▶ **Try it**:
Reproduce the lines of the listing exactly, beginning at the top, until the line with "pub const DRIVEN: &str" has been reproduced too.

▶ **Task material**:
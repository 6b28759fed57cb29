//! The nets of the worked examples.

/// Two transitions in a loop: a place from a to b with hold 3, and one back with hold 2 and a
/// token.
pub const LOOP: &str =
    "[[transition]]\nname = \"a\"\n\n[[transition]]\nname = \"b\"\n\n[[place]]\nname = \"ab\"\nfrom = \"a\"\nto = \"b\"\nhold = 3\n\n[[place]]\nname = \"ba\"\nfrom = \"b\"\nto = \"a\"\nhold = 2\ntokens = 1\n";

/// That loop without its token.
pub const DEAD_LOOP: &str =
    "[[transition]]\nname = \"a\"\n\n[[transition]]\nname = \"b\"\n\n[[place]]\nname = \"ab\"\nfrom = \"a\"\nto = \"b\"\nhold = 3\n\n[[place]]\nname = \"ba\"\nfrom = \"b\"\nto = \"a\"\nhold = 2\n";

/// Three machines in a line, each with a place of its own, and two cards between neighbours.
pub const KANBAN: &str =
    "[[transition]]\nname = \"m1\"\n\n[[transition]]\nname = \"m2\"\n\n[[transition]]\nname = \"m3\"\n\n[[place]]\nname = \"s1\"\nfrom = \"m1\"\nto = \"m1\"\nhold = 4\ntokens = 1\n\n[[place]]\nname = \"s2\"\nfrom = \"m2\"\nto = \"m2\"\nhold = 6\ntokens = 1\n\n[[place]]\nname = \"s3\"\nfrom = \"m3\"\nto = \"m3\"\nhold = 5\ntokens = 1\n\n[[place]]\nname = \"f12\"\nfrom = \"m1\"\nto = \"m2\"\nhold = 4\n\n[[place]]\nname = \"f23\"\nfrom = \"m2\"\nto = \"m3\"\nhold = 6\n\n[[place]]\nname = \"c21\"\nfrom = \"m2\"\nto = \"m1\"\nhold = 0\ntokens = 2\n\n[[place]]\nname = \"c32\"\nfrom = \"m3\"\nto = \"m2\"\nhold = 0\ntokens = 2\n";

/// An input u, a transition a with a place of its own, and an output y.
pub const DRIVEN: &str =
    "[[transition]]\nname = \"u\"\nrole = \"input\"\n\n[[transition]]\nname = \"a\"\n\n[[transition]]\nname = \"y\"\nrole = \"output\"\n\n[[place]]\nname = \"ua\"\nfrom = \"u\"\nto = \"a\"\nhold = 2\n\n[[place]]\nname = \"aa\"\nfrom = \"a\"\nto = \"a\"\nhold = 3\ntokens = 1\n\n[[place]]\nname = \"ay\"\nfrom = \"a\"\nto = \"y\"\nhold = 1\n";
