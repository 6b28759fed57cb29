//! Real files, through the bound.
ghost use Rattle.teg_outside.specs.Shelves.{LongIsTooLarge, Reads, replied};

use std::alloc::Global;
use std::fs;
use std::test::Fail;
use teg_outside::{FileShelf, Shelf, ShelfFault};

// A read through the bound alone: all that the trait says, and that a long file is too large by it.
fn read_from<S: Shelf>(
    shelf: &mut S,
    alloc: Global,
    name: &str,
    limit: usize,
) -> Result<Vec<u8>, ShelfFault>
    ensures reads { Reads (S.state shelf.old) (S.state shelf.new) name.now limit (replied result) }
    ensures long { LongIsTooLarge (S.state shelf.old) (S.state shelf.new) name.now limit
        (replied result) }
{
    shelf.read(alloc, name, limit)
}

// Whether the read gives these bytes, or this fault where there is one.
fn gives<S: Shelf>(
    shelf: &mut S,
    alloc: Global,
    file: (&str, usize),
    bytes: &[u8],
    fault: Option<ShelfFault>,
) -> bool {
    let (name, limit) = file;
    match read_from(shelf, alloc, name, limit) {
        Ok(read) => fault.is_none() && read.as_slice() == bytes,
        Err(why) => fault == Some(why),
    }
}

// So many bytes of all kinds, none like the one before it.
fn mixed(alloc: Global, count: u32) -> Result<Vec<u8>, Fail> {
    let mut bytes = Vec::new(alloc);
    for number in 0..count {
        bytes.push((number % 251) as u8)?;
    }
    Ok(bytes)
}

// Two files, of which one has these bytes.
fn write_files(rt: &HostRuntime, bytes: &[u8]) -> Result<(), Fail> {
    fs::write(rt, "mixed", bytes)?;
    fs::write(rt, "other", b"another file".as_slice())?;
    Ok(())
}

// Whether both files are as they were written, and no read changed the one or the other.
fn are_unchanged(rt: &HostRuntime, bytes: &[u8]) -> Result<bool, Fail> {
    let is_same = fs::read(rt, "mixed")?.as_slice() == bytes;
    Ok(is_same && fs::read(rt, "other")?.as_slice() == b"another file".as_slice())
}

// Files, limits, and the fault of the read.
const READS: [(&str, usize, Option<ShelfFault>); 3] = [
    ("mixed", 70_000, None),
    ("mixed", 69_999, Some(ShelfFault::TooLarge)),
    ("missing", 70_000, Some(ShelfFault::Failed)),
];

// Whether each read is answered so, where the file that is there has these bytes.
fn are_read<S: Shelf>(shelf: &mut S, alloc: Global, bytes: &[u8]) -> bool {
    for (name, limit, fault) in &READS {
        if !gives(shelf, alloc, (*name, *limit), bytes, *fault) {
            return false;
        }
    }
    true
}

#[test]
fn a_real_file_is_read_as_it_stands_up_to_its_limit(rt: HostRuntime) -> Result<(), Fail> {
    let bytes = mixed(rt.alloc(), 70_000)?;
    write_files(&rt, &bytes)?;
    assert!(rt; are_read(&mut FileShelf::new(&rt), rt.alloc(), &bytes));
    assert!(rt; are_unchanged(&rt, &bytes)?);
    fs::remove_file(&rt, "mixed")?;
    fs::remove_file(&rt, "other")?;
    Ok(())
}
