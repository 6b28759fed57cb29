//! Writers of std as sinks, which are flushed after each write.
use std::io::{Cursor, Result as Written, Write};
use teg_outside::{Sink, SinkFault, WriterSink};

// A writer that takes all it is given. It knows how many bytes came since its last flush, and how
// often it was flushed.
#[derive(Drop)]
struct FlushCount {
    unflushed: usize,
    flushes: u64,
}

impl Write for FlushCount {
    fn write(&mut self, piece: &[u8]) -> Written<usize> {
        self.unflushed = self.unflushed.saturating_add(piece.len());
        Ok(piece.len())
    }

    fn flush(&mut self) -> Written<()> {
        self.unflushed = 0;
        self.flushes = self.flushes.saturating_add(1);
        Ok(())
    }
}

// What the sink answers to this piece.
fn written<W: Sink>(sink: &mut W, piece: &[u8]) -> Result<usize, SinkFault> {
    sink.write(piece)
}

#[test]
fn each_write_is_flushed_and_a_full_writer_is_a_fault(rt: HostRuntime) {
    let mut writer = FlushCount {
        unflushed: 0,
        flushes: 0,
    };
    for (piece, answer, flushes) in [(b"abc".as_slice(), 3, 1), (b"", 0, 1), (b"d", 1, 2)] {
        let mut sink = WriterSink::new(&mut writer);
        assert!(rt; written(&mut sink, piece) == Ok(answer), "of {piece:?}");
        assert!(rt;
            writer.unflushed == 0 && writer.flushes == flushes,
            "of {piece:?}"
        );
    }
    let mut full = WriterSink::new(Cursor::new([0u8; 2]));
    assert!(rt; written(&mut full, b"abc") == Ok(2));
    assert!(rt; written(&mut full, b"c") == Err(SinkFault::Failed));
}
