//! Monitors in any mix: those of the program in any order and number, and one that finds no memory
//! for its line.
use crate::bench::{Bench, WIDE};
use crate::nets::LOOP;
use std::alloc::Global;
use std::test::Fail;
use teg_outside::{FiringCount, HighWater, Lateness, Monitor, NoLine};
use teg_run::Status;

// A monitor of the mix.
#[derive(Clone, Copy, Drop)]
enum Watch {
    Firings,
    Tokens,
    Late,
    NoLine,
}

// A log of the loop, the monitors, how its replay ends, and what it writes.
type Mix<'a> = (&'a str, &'a [Watch], Status, &'a str);

const RUN: &str = "a,1\nb,4\n";

const MIXES: [Mix<'static>; 7] = [
    (RUN, &[], Status::Done, "replayed 2 firings\n"),
    (
        RUN,
        &[Watch::Late, Watch::Tokens, Watch::Firings],
        Status::Done,
        "replayed 2 firings\ngreatest lateness 1\nhigh water 1\nfirings 2\n",
    ),
    (
        RUN,
        &[Watch::Firings, Watch::Late, Watch::Firings],
        Status::Done,
        "replayed 2 firings\nfirings 2\ngreatest lateness 1\nfirings 2\n",
    ),
    (RUN, &[Watch::NoLine, Watch::Firings], Status::NoMemory, ""),
    (
        "a,1\nb,3\n",
        &[Watch::Late],
        Status::Log,
        "refused: log row 2 illegal place ab\ngreatest lateness 1\n",
    ),
    (
        "a,1\nb,3\n",
        &[Watch::Late, Watch::NoLine],
        Status::NoMemory,
        "",
    ),
    (
        "a,x\n",
        &[Watch::NoLine],
        Status::Log,
        "refused: log row 1 is not a firing\n",
    ),
];

// The monitors of a mix.
fn monitors_of(alloc: Global, mix: &[Watch]) -> Result<Vec<Box<dyn Monitor>>, Fail> {
    let mut monitors: Vec<Box<dyn Monitor>> = Vec::new(alloc);
    for watch in mix {
        let monitor: Box<dyn Monitor> = match watch {
            Watch::Firings => Box::new(alloc, FiringCount::new())?,
            Watch::Tokens => Box::new(alloc, HighWater::new())?,
            Watch::Late => Box::new(alloc, Lateness::new())?,
            Watch::NoLine => Box::new(alloc, NoLine::new())?,
        };
        monitors.push(monitor)?;
    }
    Ok(monitors)
}

// Whether the call with the monitors of a mix ends as it says and writes just its text.
fn ends_so(alloc: Global, bench: &mut Bench, mix: &Mix<'_>) -> Result<bool, Fail> {
    let (_, watches, status, text) = *mix;
    let monitors = monitors_of(alloc, watches)?;
    Ok(bench.run(alloc, monitors) == status && bench.written() == text.as_bytes())
}

// The same of a replay of its log.
fn is_answered(alloc: Global, mix: &Mix<'_>) -> Result<bool, Fail> {
    let files = (LOOP.as_bytes(), mix.0.as_bytes());
    let words = ["replay", "net", "second"];
    let mut bench = Bench::new(alloc, &words, files, &[], WIDE)?;
    ends_so(alloc, &mut bench, mix)
}

#[test]
fn each_mix_has_its_lines(rt: HostRuntime) -> Result<(), Fail> {
    for mix in &MIXES {
        assert!(rt; is_answered(rt.alloc(), mix)?);
    }
    Ok(())
}
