//! Each command once, with an answer that was worked out by hand, and a call of each other kind.
use crate::bench::{Case, is_answered};
use crate::nets::{DEAD_LOOP, DRIVEN, KANBAN, LOOP};
use std::test::Fail;
use teg_run::{Status, make_trial};

// The commands of a net, of a second file and of no file, and calls that are refused.
const COMMANDS: [Case<'static>; 23] = [
    (
        &["check", "net"],
        LOOP,
        "",
        Status::Done,
        "live\ntransitions 2\nplaces 2\n",
    ),
    (
        &["list", "net", "3"],
        LOOP,
        "",
        Status::Done,
        "dates of 3 firings\ntransition a b\n1 0 3\n2 5 8\n3 10 13\n",
    ),
    (
        &["form", "net"],
        LOOP,
        "",
        Status::Done,
        "form stars 1 entries 2\nstar b a 3\nentry a b 1 2\nentry b b 1 5\n",
    ),
    (
        &["cycle", "net", "--rounds"],
        LOOP,
        "",
        Status::Done,
        "cycle time 5/1\ncircuit ab ba\npart 1 ratio 5/1\ncircuit ab ba\npotential a 0\npotential b 3\npart 1 round 1 ratio 5/1\ncircuit ab ba\nchoice a ba 0\nchoice b ab 3\n",
    ),
    (
        &["cycle", "net"],
        KANBAN,
        "",
        Status::Done,
        "cycle time 6/1\ncircuit s2\npart 1 ratio 6/1\ncircuit s2\npotential m1 -12\npotential m2 0\npotential m3 6\n",
    ),
    (
        &["dates", "net"],
        KANBAN,
        "",
        Status::Done,
        "settled after 4 period 1\ntransition m1 0 4 8 12 16 step 6\ntransition m2 4 10 16 22 28 step 6\ntransition m3 10 16 22 28 34 step 6\n",
    ),
    (
        &["date", "net", "a", "1000000000000000000", "--limit", "none"],
        LOOP,
        "",
        Status::Done,
        "date a 1000000000000000000 4999999999999999995\n",
    ),
    (
        &["slack", "net"],
        DRIVEN,
        "",
        Status::Done,
        "cycle time 3/1\nplace ua no circuit\nplace aa critical\nplace ay no circuit\n",
    ),
    (
        &["transfer", "net"],
        DRIVEN,
        "",
        Status::Done,
        "transfer of 1 inputs to 1 outputs\nfrom u settled after 0 period 1\nto y 3 step 3\n",
    ),
    (
        &["size", "net", "ba", "3/1"],
        LOOP,
        "",
        Status::Done,
        "size ba 3/1 extra 1\ncircuit ab ba\n",
    ),
    (
        &["bound", "net"],
        KANBAN,
        "",
        Status::Done,
        "bound 437\nsettled after 4 period 1\n",
    ),
    (
        &["migrate", "net"],
        "[[transition]]\nname = \"a\"\n",
        "",
        Status::Done,
        "version = 2\n\n[[transition]]\nname = \"a\"\nrole = \"internal\"\n",
    ),
    (
        &["jit", "net", "second"],
        DRIVEN,
        "y,1,10\ny,2,11\n",
        Status::Done,
        "latest inputs for 2 firings\ninput u 1 5 by ua\ninput u 2 8 by ua\nlatest a 1 7 by aa\nlatest a 2 10 by ay\nlatest y 1 10 due\nlatest y 2 11 due\n",
    ),
    (
        &["jit", "net", "second"],
        DRIVEN,
        "y,1,2\n",
        Status::Late,
        "late y 1 due 2 least 3\npath u 1 by ua a 1 by ay y 1\n",
    ),
    (
        &["replay", "net", "second"],
        LOOP,
        "a,7\nb,10\nb,11\n",
        Status::Log,
        "refused: log row 3 illegal place ab\n",
    ),
    (
        &["forever", "net", "second"],
        DRIVEN,
        "y,2,8,10,11\n",
        Status::Done,
        "latest inputs forever\ninput u 5 8 period 2 step 8\n",
    ),
    (
        &["timetable", "net", "6", "second"],
        LOOP,
        "a,0\nb,3\na,1,2\n",
        Status::Done,
        "settled after 2 period 1\nrecovered after 2\ndelays a 2 1 0\ndelays b 2 1 0\n",
    ),
    (
        &["calc", "star(g1d2)+g0d5"],
        "",
        "",
        Status::Done,
        "series 5 5 5 6 period 1 step 2\n",
    ),
    (
        &["trial", "400"],
        "",
        "",
        Status::Done,
        "trial 400\nplaces 1198\ncycle time 32/1\ncritical 17\nlast 40349\n",
    ),
    (
        &["check", "net"],
        DEAD_LOOP,
        "",
        Status::Net,
        "refused: token-free circuit ab ba\n",
    ),
    (
        &["check", "net"],
        "[[transition]]\nname = \"a",
        "",
        Status::Text,
        "refused: not TOML\n",
    ),
    (
        &["date", "net", "c", "1"],
        LOOP,
        "",
        Status::Name,
        "refused: no transition c\n",
    ),
    (
        &["calc", "g1d"],
        "",
        "",
        Status::Calc,
        "refused: syntax at 3\n",
    ),
];

#[test]
fn each_command_is_answered(rt: HostRuntime) -> Result<(), Fail> {
    for case in &COMMANDS {
        let (_, _, _, _, text) = *case;
        assert!(rt; is_answered(rt.alloc(), case, 0)?, "{text}");
    }
    assert!(rt; Status::Done.code() == 0 && Status::Calc.code() == 9);
    assert!(rt; make_trial(rt.alloc(), 3)?.transition_count() == 3);
    Ok(())
}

▶ **Task response**:
repository 6b28759fed57cb29
//! The nets of the worked examples.

/// Two transitions in a loop: a place from a to b with hold 3, and one back with hold 2 and a
/// token.
pub const LOOP: &str =
    "[[transition]]\nname = \"a\"\n\n[[transition]]\nname = \"b\"\n\n[[place]]\nname = \"ab\"\nfrom = \"a\"\nto = \"b\"\nhold = 3\n\n[[place]]\nname = \"ba\"\nfrom = \"b\"\nto = \"a\"\nhold = 2\ntokens = 1\n";

/// That loop without its token.
pub const DEAD_LOOP: &str =
    "[[transition]]\nname = \"a\"\n\n[[transition]]\nname = \"b\"\n\n[[place]]\nname = \"ab\"\nfrom = \"a\"\nto = \"b\"\nhold = 3\n\n[[place]]\nname = \"ba\"\nfrom = \"b\"\nto = \"a\"\nhold = 2\n";

/// Three machines in a line, each with a place of its own, and two cards between neighbours.
pub const KANBAN: &str =
    "[[transition]]\nname = \"m1\"\n\n[[transition]]\nname = \"m2\"\n\n[[transition]]\nname = \"m3\"\n\n[[place]]\nname = \"s1\"\nfrom = \"m1\"\nto = \"m1\"\nhold = 4\ntokens = 1\n\n[[place]]\nname = \"s2\"\nfrom = \"m2\"\nto = \"m2\"\nhold = 6\ntokens = 1\n\n[[place]]\nname = \"s3\"\nfrom = \"m3\"\nto = \"m3\"\nhold = 5\ntokens = 1\n\n[[place]]\nname = \"f12\"\nfrom = \"m1\"\nto = \"m2\"\nhold = 4\n\n[[place]]\nname = \"f23\"\nfrom = \"m2\"\nto = \"m3\"\nhold = 6\n\n[[place]]\nname = \"c21\"\nfrom = \"m2\"\nto = \"m1\"\nhold = 0\ntokens = 2\n\n[[place]]\nname = \"c32\"\nfrom = \"m3\"\nto = \"m2\"\nhold = 0\ntokens = 2\n";

/// An input u, a transition a with a place of its own, and an output y.
pub const DRIVEN: &str =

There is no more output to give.